The targets of the restrictive measures are Russia and Belarus, two of the main exporters of inputs to Brazilian agribusiness. Since the start of the war, sparked by Russia’s military invasion of Ukraine, Bolsonaro’s government has launched a national fertilizer plan and sought alternative suppliers to avoid impacts on rural food production and inflation.
WTO diplomatic assistance discussed in Brasilia, during Bolsonaro’s private audience with the WTO director general, Nigeria Ngozi Okonjo-Iweala. He had the support of Brazil to reach the position.
After meeting Bolsonaro at the Planalto Palace, he signaled his support, but said he needed to put Brazil’s proposals for consideration by other WTO members – and not just the United States.
“We need to have a dialogue with the members to see how the future goes.
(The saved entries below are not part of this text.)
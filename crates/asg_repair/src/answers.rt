//! The answers of a session.

ghost use Rattle.std.specs.Prelude.{◌≡◌, ◌≢◌, ◌≤◌, List, length, take, IfOk};
ghost use Rattle.asg_algebra.specs.Ended.{EndsIn};
ghost use Rattle.asg_match.specs.Deficient.{IsDeficient};
ghost use Rattle.asg_match.specs.HallSets.{GivesHallSets};
ghost use Rattle.asg_match.specs.Matching.{IsPerfect};
ghost use Rattle.asg_proof.specs.Phases.{PhaseOf};
ghost use Rattle.asg_square.specs.Cells.{IsPresent};
ghost use Rattle.asg_square.specs.Grid.{cell_at, HasLabelsOf};
ghost use Rattle.asg_repair.specs.Answers.{IsWrittenBy};
ghost use Rattle.asg_repair.specs.Sessions.{ids_in, IsAnswerRoom, IsGiven};
ghost use Rattle.asg_kept_phases.specs.Led.{IsLed};
ghost use Rattle.asg_repair.specs.Sessions.{IsSized};
ghost use Rattle.asg_kept_phases.specs.Led.{MaySolve};
ghost use Rattle.asg_repair.specs.declared.answers.Given.TheVariants.{Chosen, Open, Stuck};

use crate::NoMemory;
use crate::laws::led_law;
use crate::present_cells::PresentCells;
use crate::works::Work;
use asg_algebra::Solved;
use asg_match::{Matching, hall_of};
use asg_model::{Choice, Instance};
use asg_order::{Kind, Ordered};
use asg_square::Square;
use std::alloc::Global;

/// What a session has answered since it was opened or edited.
#[derive(Clone, Copy, PartialEq, Eq, Debug)]
pub enum Given {
    /// Nothing yet.
    Open,
    /// A best choice.
    Chosen,
    /// A Hall set.
    Stuck,
}

/// What [`Session::answer`](crate::Session::answer) came to.
#[derive(Clone, Copy, PartialEq, Eq, Debug)]
pub enum Answered {
    /// There is a best choice.
    Best,
    /// No choice is valid.
    Nothing,
}

/// What was answered last, with the room for every answer: a choice, and ids of which the first so
/// many are a Hall set.
#[derive(Drop)]
pub(crate) struct AnswerRoom {
    pub(crate) given: Given,
    pub(crate) choice: Choice,
    pub(crate) ids: Vec<u32>,
    pub(crate) count: u32,
}

impl AnswerRoom {
    /// Room for the answers of an instance, of which none was given. The error is want of memory.
    pub(crate) fn make(alloc: Global, inst: &Instance) -> Result<AnswerRoom, NoMemory>
        ensures room { IfOk result (IsAnswerRoom inst.now) }
        ensures given { IfOk result (λ room. room.given ≡ Open) }
    {
        let choice = Choice::make(alloc, inst.rows().len() as u32)?;
        let ids = vec![in alloc; 0; 1001]?;
        Ok(AnswerRoom {
            given: Given::Open,
            choice,
            ids,
            count: 0,
        })
    }
}

// Writes the choice of a perfect assignment by present cells.
fn write_choice<V: Copy>(
    square: &Square<V>,
    matching: &Matching,
    columns: &mut [u32],
    out: &mut Choice,
)
    requires perfect { IsPerfect (IsPresent (cell_at square.now)) square.now.side matching.now }
    requires columns { length columns.old ≡ square.now.side }
    requires out { length out.old ≡ square.now.rows }
    ensures written { IsWrittenBy square.now matching.now out.new }
    ensures columns { length columns.new ≡ length columns.old }
{
    let _side = matching.side();
    matching.copy_columns(columns);
    square.choice_into(columns, out);
}

// Writes a Hall set of the rows of a square that have fewer present cells than they are. The answer
// is how many ids it has.
fn write_hall<V: Copy>(square: &Square<V>, inst: &Instance, rows: &[u32], ids: &mut [u32]) -> u32
    requires labels { HasLabelsOf inst.now square.now }
    requires short { IsDeficient (IsPresent (cell_at square.now)) square.now.side rows.now }
    requires room { 1001 ≤ length ids.old }
    ensures hall { GivesHallSets inst.now (IsPresent (cell_at square.now)) (take result ids.new) }
    ensures room { length ids.new ≡ length ids.old }
{
    let _side = square.side();
    let cells = PresentCells { square };
    hall_of(square, inst, &cells, rows, ids)
}

// Writes down the choice of a perfect assignment by present cells.
fn give_choice<V: Copy>(work: &mut Work<V>, room: &mut AnswerRoom)
    requires perfect { IsPerfect (IsPresent (cell_at work.old.reduced.now))
        work.old.reduced.now.side work.old.matching }
    requires columns { length work.old.columns.items ≡ work.old.reduced.now.side }
    requires out { length room.old.choice ≡ work.old.reduced.now.rows }
    ensures written { IsWrittenBy work.old.reduced.now work.old.matching room.new.choice }
    ensures given { room.new.given ≡ Chosen }
    ensures ids { room.new.ids ≡ room.old.ids }
    ensures reduced { work.new.reduced ≡ work.old.reduced }
    ensures matching { work.new.matching ≡ work.old.matching }
    ensures bench { work.new.bench ≡ work.old.bench }
    ensures room { work.new.room ≡ work.old.room }
    ensures columns { length work.new.columns.items ≡ length work.old.columns.items }
{
    write_choice(
        &work.reduced.now,
        &work.matching,
        &mut work.columns,
        &mut room.choice,
    );
    room.given = Given::Chosen;
}

// Writes down a Hall set of the rows of the last tree, which have fewer present cells than they
// are.
fn give_hall<V: Copy>(inst: &Instance, work: &Work<V>, room: &mut AnswerRoom)
    requires labels { HasLabelsOf inst.now work.now.reduced.now }
    requires short { IsDeficient (IsPresent (cell_at work.now.reduced.now))
        work.now.reduced.now.side work.now.bench.rows }
    requires room { 1001 ≤ length room.old.ids.items }
    ensures hall { GivesHallSets inst.now (IsPresent (cell_at work.now.reduced.now))
        (ids_in room.new) }
    ensures given { room.new.given ≡ Stuck }
    ensures choice { room.new.choice ≡ room.old.choice }
    ensures ids { length room.new.ids.items ≡ length room.old.ids.items }
{
    let rows = work.bench.violator();
    room.count = write_hall(&work.reduced.now, inst, rows, &mut room.ids);
    room.given = Given::Stuck;
}

/// Writes down what a solver came to: the choice of the matching, or the Hall set of the rows of
/// the last tree. It takes no memory.
pub(crate) fn give<K: Kind>(
    kind: &K,
    inst: &Instance,
    work: &mut Work<<K::M as Ordered>::Value>,
    ended: Solved,
    room: &mut AnswerRoom,
)
    requires may_solve { MaySolve (K.M.monoid_of (K.monoid kind.now)) (K.entered kind.now)
        (K.objective kind.now) (K.reach kind.now) inst.now }
    requires sized { IsSized inst.now work.old }
    requires led { (phases : List (PhaseOf K.M.Value)) × IsLed (K.M.monoid_of (K.monoid kind.now))
        (K.M.difference (K.monoid kind.now)) (K.entered kind.now) inst.now phases work.old.reduced }
    requires ends { EndsIn (K.M.monoid_of (K.monoid kind.now)) work.old.reduced work.old.matching
        work.old.bench.rows ended }
    requires room { IsAnswerRoom inst.now room.old }
    ensures sized { IsSized inst.now work.new }
    ensures reduced { work.new.reduced ≡ work.old.reduced }
    ensures matching { work.new.matching ≡ work.old.matching }
    ensures room { IsAnswerRoom inst.now room.new }
    ensures some { room.new.given ≢ Open }
    ensures given { (phases : List (PhaseOf K.M.Value))
        → IsLed (K.M.monoid_of (K.monoid kind.now)) (K.M.difference (K.monoid kind.now))
        (K.entered kind.now) inst.now phases work.old.reduced
        → IsGiven (K.M.monoid_of (K.monoid kind.now)) (K.M.difference (K.monoid kind.now))
        (K.entered kind.now) inst.now phases work.new.matching room.new.given room.new.choice
        (ids_in room.new) }
{
    led_law(kind.monoid());
    let _rows = inst.rows();
    match ended {
        Solved::Perfect(_) => give_choice(work, room),
        Solved::Short(_) => give_hall(inst, work, room),
    }
}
Let’s see what kind of support this idea will receive,” said the Director General. “The question is to overcome the limitations caused by the war so that food and fertilizer have circulation, otherwise we will not be short and hungry again.”
He said the world was going through a “time of stress” in food security, due to the war in Ukraine, and he looked forward to working with Brazilian leadership to improve the situation on a global scale. The Director stated that prices have increased and producing countries should seek to increase supply to international markets.
“We are facing a formidable challenge. The president and ministers asked us to put more emphasis on the fertilizer issue, discuss more broadly, even before the ministerial meeting, to find a formula to make fertilizer access feasible from conflict areas. . , Russia, Ukraine and Belarus. We will look into this matter and see what can be done, because we need Brazil to produce. If Brazil doesn’t produce, if Ukraine doesn’t produce, next year we will have more problems with food prices. Brazil’s role is very important,” said the WTO representative.
Ngozi refused to take a stand on the decisions of individual countries and economic blocs, such as the European Union, to impose sanctions on Russia, Belarus and their rulers.
Foreign Minister Carlos França said Bolsonaro’s proposal stemmed from a conversation in which Ngozi made an “application” for Brazil to consider exporting its food supplies. This will be a way for the country to help address the world’s shortages. The answer, however, is that Brazil has all of its production under contract.
“We have our production fully engaged in agreements with importers around the world. The President reiterated to Dr Ngozi that even during the most difficult hours of the pandemic, our agro maintains international commitments and, therefore, exports of grains, poultry, meat The contracts are guarded and respected, this clearly has value,” said the Chancellor. “So that we can maintain and expand this production, we need access to inputs.”
The Chancellor mentioned the Brazilian government’s efforts to ensure the supply of fertilizers, such as urea and potassium, among others, together with diplomats from the United States, Nigeria, Morocco, Canada, and Iran.
“We are looking for a surplus. We asked for Dr. Ngozi so that he can consider the idea of leading an initiative that allows free transit, this input flow, I refer, of course, to fertilizers, but also seeds. Why sanctions and embargoes? applied to Russia and the conflict in Ukraine itself did not prevent this input-free transit, so we have logistics that do not prevent the timely arrival of these inputs in Brazil.”
Although this issue is not within the scope of the WTO, the chancellor understands that the director general of the WTO, with extensive political experience abroad and contacts in Washington, can help to “raise awareness” of Western powers.
During their visit to Brasilia, officials Ngozi and Itamaraty also discussed WTO reforms and dispute resolution mechanisms, which are widely used by Brazil. Since the administration of former President Donald Trump, the United States has blocked the full functioning of the mechanism, by prohibiting the appointment of representatives to appeals bodies. Thus, the calls from these countries were in vain.
Ngozi said it was impossible to improve dispute resolution mechanisms and resolve appeals body issues at the next WTO conference, but he hoped to reach an agreement to put the reform process on track, which he wants to complete by the end of the year. He acknowledged the validity of the US complaint and the failure of current mechanisms.